Analysis and optimization of certain parallel Monte Carlo methods in the low temperature limit

TL;DR

This paper investigates the optimal temperature selection in parallel Monte Carlo methods to reduce metastability effects, demonstrating that geometric temperature ratios are nearly optimal in multi-well models.

Contribution

It introduces an explicit optimization framework for temperature selection in infinite swapping schemes, revealing near-optimal geometric sequences in complex energy landscapes.

Findings

Optimal temperature ratios form a geometric sequence in double well models.

Two sources of variance reduction influence the choice of highest temperature.
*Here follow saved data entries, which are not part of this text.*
// What is kept under a key, and how long.
ghost use Rattle.std.specs.Prelude.{◌≡◌, IfOk, IfErr};
ghost use Rattle.cache_model.specs.declared.faults.ModelFault.TheVariants.{Memory};

use crate::{Key, ModelFault, Value};

/// The moment from which an entry is expired, in the units of a session's moments.
#[derive(Clone, Copy, Debug, PartialEq, Eq)]
pub enum Until {
    /// It never expires.
    Never,
    /// It is expired at this moment and at every later one. Below 2^62.
    At(u64),
}

/// How long an entry is to live, counted from the moment at which it is put.
#[derive(Clone, Copy, Debug, PartialEq, Eq)]
pub enum Lifespan {
    /// Without end.
    Endless,
    /// So many units. Below 2^61; with 0 the entry is expired at once.
    Of(u64),
}

/// A value with the moment at which it expires.
#[derive(Debug, Drop)]
pub struct Entry {
    pub value: Value,
    pub until: Until,
}

impl Entry {
    /// Another entry with the same value and the same end.
    pub fn copy(&self) -> Result<Entry, ModelFault>
        ensures equal { IfOk result (λ entry. entry ≡ self.now) }
        ensures memory { IfErr result (λ fault. fault ≡ Memory) }
    {
        Ok(Entry {
            value: self.value.copy()?,
            until: self.until,
        })
    }
}

/// One change of the store.
#[derive(Debug, Drop)]
pub enum Change {
    Put(Key, Entry),
    Remove(Key),
}

/// What a store has of a key.
#[derive(Debug, Drop)]
pub enum Answer {
    /// A visible entry.
    Known(Entry),
    /// Nothing visible, and nothing below this store counts.
    Gone,
    /// Nothing that this store knows of.
    Unknown,
}
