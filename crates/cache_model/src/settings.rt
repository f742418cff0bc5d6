// What a settings file says.
ghost use Rattle.std.specs.Prelude.{◌≡◌, IfOk, IfErr};
ghost use Rattle.cache_model.specs.Settings.{default_settings};
ghost use Rattle.cache_model.specs.declared.faults.ModelFault.TheVariants.{Memory};

use crate::{ModelFault, Prefix};
use std::alloc::Global;

/// When a change reaches the store.
#[derive(Clone, Copy, Debug, PartialEq, Eq)]
pub enum Mode {
    /// At once.
    Through,
    /// Through a queue.
    Behind,
    /// When the entry is given up by the memory.
    Passivation,
}

/// What a read of a stored entry does to the stored copy.
#[derive(Clone, Copy, Debug, PartialEq, Eq)]
pub enum Activation {
    /// It stays.
    Keep,
}

/// The settings of a session.
#[derive(Debug, Drop)]
pub struct Settings {
    /// From which size on a data file is closed, in bytes: 4,096 to 16,777,216.
    pub file_size: u64,
    /// A data file is compacted where fewer percent of it are live: 1 to 99.
    pub compact_below: u64,
    /// How many requests to the index may wait: 1 to 65,536.
    pub queue: usize,
    /// How many nodes of the index are held in memory: 8 to 65,536.
    pub nodes: usize,
    /// How many bits of a key's hash the index uses: 0 to 32.
    pub hash_bits: u32,
    /// Whether each change is synced before it is answered.
    pub sync_writes: bool,
    pub mode: Mode,
    /// How many changes may wait in the mode `Behind`: 1 to 65,536.
    pub behind_limit: usize,
    /// How many entries are held in memory: 1 to 1,000,000.
    pub max_entries: usize,
    /// How many background steps are taken after each reply: 0 to 1,000.
    pub pump: u64,
    /// Whether entries are held from the start.
    pub preload: bool,
    /// What the keys begin with that are preloaded and exported.
    pub publish: Prefix,
    pub activation: Activation,
}

impl Settings {
    /// The settings of a directory that has no settings file.
    pub fn defaults(alloc: Global) -> Result<Settings, ModelFault>
        ensures defaults { IfOk result (λ settings. settings ≡ default_settings) }
        ensures memory { IfErr result (λ fault. fault ≡ Memory) }
    {
        let publish = Prefix::of(alloc, &[])?;
        Ok(Settings {
            file_size: 16_777_216,
            compact_below: 50,
            queue: 1000,
            nodes: 64,
            hash_bits: 32,
            sync_writes: true,
            mode: Mode::Through,
            behind_limit: 1024,
            max_entries: 1000,
            pump: 1,
            preload: false,
            publish,
            activation: Activation::Keep,
        })
    }
}
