// What a command is answered, and how the program ends.
ghost use Rattle.std.specs.Prelude.{◌≡◌, ◌++◌, [], ◌∷◌, OnOk, OnErr, IfErr};
ghost use Rattle.std.specs.List.Sorted.{IsPermutation, IsSorted};
ghost use Rattle.std.specs.Ordering.{nat_cmp};
ghost use Rattle.std.specs.Cmp.Lexicographic.{slice_cmp};
ghost use Rattle.cache_model.specs.declared.faults.ModelFault.TheVariants.{Memory};

use crate::{Key, ModelFault, Value};
use std::alloc::Global;
use std::marker::Model;

/// What a step of a background actor did.
#[derive(Clone, Copy, Debug, PartialEq, Eq)]
pub enum Turned {
    /// One action.
    Done,
    /// Nothing, since there was nothing to do.
    Idle,
}

/// The figures of a store. Each is given as 2^64 - 1 where it is larger.
#[derive(Clone, Copy, Debug, PartialEq, Eq)]
pub struct Figures {
    /// How many data files there are.
    pub files: u64,
    /// Their sizes together, in bytes.
    pub bytes: u64,
    /// The lengths together of the records that are their key's newest, in bytes.
    pub live: u64,
    /// How many changes wait to be written.
    pub pending: u64,
    /// How many entries are held in memory.
    pub held: u64,
}

/// A list of keys.
#[derive(Debug, Drop)]
pub struct KeyList {
    keys: Vec<Key>,
}

impl Model for KeyList {
    ghost use Rattle.std.specs.Prelude.{List, ℕ};

    ghost Value = { List (List ℕ) };

    ghost view = { λ list. list.keys.items };
}

impl KeyList {
    /// A list of no keys.
    pub fn new(alloc: Global) -> KeyList
        ensures { result ≡ [] }
    {
        KeyList {
            keys: Vec::new(alloc),
        }
    }

    /// Adds a key at the end.
    pub fn push(&mut self, key: Key) -> Result<(), ModelFault>
        ensures added { OnOk result (self.new ≡ self.old ++ key ∷ []) }
        ensures left { OnErr result (self.new ≡ self.old) }
        ensures memory { IfErr result (λ fault. fault ≡ Memory) }
    {
        match self.keys.push(key) {
            Ok(()) => Ok(()),
            Err(_) => Err(ModelFault::Memory),
        }
    }

    /// Brings the keys into the order of their bytes.
    pub fn sort(&mut self)
        ensures keys { IsPermutation self.old self.new }
        ensures ascending { IsSorted (slice_cmp nat_cmp) self.new }
    {
        self.keys
            .sort_unstable_by(|one, other| one.bytes().cmp(other.bytes()));
    }

    /// The keys, in the order in which they were added, or of their bytes from a sort on.
    pub fn keys(&self) -> &[Key]
        ensures { result.now ≡ self.now }
    {
        &self.keys
    }
}

/// What a command is answered.
#[derive(Debug, Drop)]
pub enum Reply {
    Done,
    /// The key is visible, and stays as it was.
    Kept,
    /// The key isn't visible.
    Nothing,
    /// The key is visible with another value than the wanted one.
    Differs,
    Found(Value),
    Yes,
    No,
    /// How many keys are visible.
    Size(u64),
    /// The visible keys, in the order of their bytes.
    Keys(KeyList),
    /// How many keys were removed.
    Cleared(u64),
    Turned(Turned),
    Compacted,
    Stats(Figures),
    /// How many entries were exported.
    Exported(u64),
    /// The moment that was asked for is past; this is the session's.
    Past(u64),
    Stopped,
    Halted,
}

/// How a run of the program ends. `status as u8` is the process's exit status.
#[derive(Clone, Copy, Debug, PartialEq, Eq)]
pub enum Status {
    /// The script was read to its end, or to `stop` or `halt`, and every reply was said.
    Done = 0,
    /// The words, or the directory, are none that the program takes.
    Usage = 2,
    /// The settings file is none.
    Settings = 3,
    /// A file isn't in its grammar.
    Damaged = 4,
    /// The disk failed.
    DiskFailed = 5,
    /// The input failed.
    ScriptFailed = 6,
    /// The output failed.
    SayFailed = 7,
    /// Memory was wanted where nothing else could be answered.
    NoMemory = 8,
    /// A number has reached its end.
    Spent = 9,
    /// As many lines as one run takes were taken, and none of them ended it.
    LinesSpent = 10,
}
Geometric temperature ratios are nearly optimal in multi-well models, with performance gaps decreasing geometrically.

Abstract

Metastability is a formidable challenge to Markov chain Monte Carlo methods. In this paper we present methods for algorithm design to meet this challenge. The design problem we consider is temperature selection for the infinite swapping scheme, which is the limit of the widely used parallel tempering scheme obtained when the swap rate tends to infinity. We use a recently developed tool for the analysis of the empirical measure of a small noise diffusion to transform the variance reduction problem into an explicit optimization problem. Our first analysis of the optimization problem is in the setting of a double well model, and it shows that the optimal selection of temperature ratios is a geometric sequence except possibly the highest temperature. In the same setting we identify two different sources of variance reduction, and show how their competition determines the optimal highest temperature. In the general multi-well setting we prove that a pure geometric sequence of temperature ratios is always nearly optimal, with a performance gap that decays geometrically in the number of temperatures.